Work to be completed >> The reply has to be a number alone, equal to how many lines in the entries below hold the string "Prelude".

Records for processing >>
···

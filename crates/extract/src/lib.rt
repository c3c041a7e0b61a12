// What is addressed to one entity, written into a lent buffer.
#![tactic(auto)]

ghost use Rattle.std.specs.Prelude.{◌≡◌, ◌≤◌};
ghost use Rattle.paper.specs.Buffers.{told, written, room_for};
ghost use Rattle.paper.specs.Extract.{extract};
ghost use Rattle.picking.specs.Places.{Passed};

use batches::records;
use field::place::Record;
use paper::answer::{Fault, Refusal};
use paper::rules::Currency;
use picking::Picked;

mod batch;
mod header;
mod whole;

// Of a file that the reading accepted. Nothing is written before the size is known.
pub fn extract(
    currency: Currency,
    entity: u64,
    file: &[u8],
    out: &mut [u8],
) -> Result<usize, Refusal>
    requires entity_bound { entity ≤ 499 }
    requires passed { Passed file.now }
    ensures { told result out.new
        ≡ written (room_for (extract currency entity file.now) out.old) (extract currency entity file.now) out.old }
{
    let mut places = [0; Picked::MOST];
    let picked = picking::pick(entity, file, &mut places);
    let count = picked.count;
    let size = (count + picked.batches + records::FRAME) * Record::LENGTH;
    if out.len() < size {
        return Err(Fault::Room.at(0));
    }
    whole::write(out, currency, entity, file, &places[0..count]);
    Ok(size)
}
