// A batch of an extract: its header under a new number, its records, and the control that counts them.
ghost use Rattle.std.specs.Prelude.{◌≡◌, ◌+◌, ◌≤◌, ◌<◌, length, get_or, drop};
ghost use Rattle.paper.specs.Reading.{record_at};
ghost use Rattle.picking.specs.Places.{Placed, chosen};
ghost use Rattle.batches.specs.Blocks.{own_of, block, Batched};
ghost use Rattle.extract.specs.Blocks.{ToCopy};

use batches::records;
use field::place;
use field::place::Record;
use paper::record::Tally;

// How many records it has of its own, and what its control counts.
#[derive(Clone, Copy)]
pub struct Batch {
    pub records: usize,
    pub tally: Tally,
}

// The records up to the next batch header, one after the other.
fn own(dst: &mut [u8], file: &[u8], places: &[u16]) -> Batch
    requires { ToCopy file.now places.now dst.old (length (own_of (chosen file.now places.now))) }
    ensures { Batched (own_of (chosen file.now places.now)) (own_of (chosen file.now places.now))
        dst.old dst.new result.records result.tally }
{
    let mut tally = Tally::NONE;
    for (i, place) in places.iter().enumerate() {
        let rec = place::record_at(file, *place as usize);
        if batches::opens(rec) {
            return Batch { records: i, tally };
        }
        let at = i * Record::LENGTH;
        dst[at..at + Record::LENGTH].copy_from_slice(rec);
        tally = batches::count(tally, rec);
    }
    Batch {
        records: places.len(),
        tally,
    }
}

// The batch whose header stands at the first of the places.
pub fn write(dst: &mut [u8], file: &[u8], places: &[u16], number: u64) -> Batch
    requires to_copy { ToCopy file.now places.now dst.old (length (own_of (chosen file.now (drop 1 places.now))) + 2) }
    requires places_nonzero { 0 < length places.now }
    ensures { Batched
        (block number (record_at file.now (get_or places.now 0 0)) (own_of (chosen file.now (drop 1 places.now))))
        (own_of (chosen file.now (drop 1 places.now)))
        dst.old dst.new result.records result.tally }
{
    let place = places[0] as usize;
    let header = place::record_at(file, place);
    records::numbered(&mut dst[0..Record::LENGTH], header, number);
    let batch = own(&mut dst[Record::LENGTH..], file, &places[1..]);
    let at = (batch.records + 1) * Record::LENGTH;
    let tally = batch.tally;
    records::batch_control(&mut dst[at..at + Record::LENGTH], header, number, tally);
    batch
}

···

Output >> 2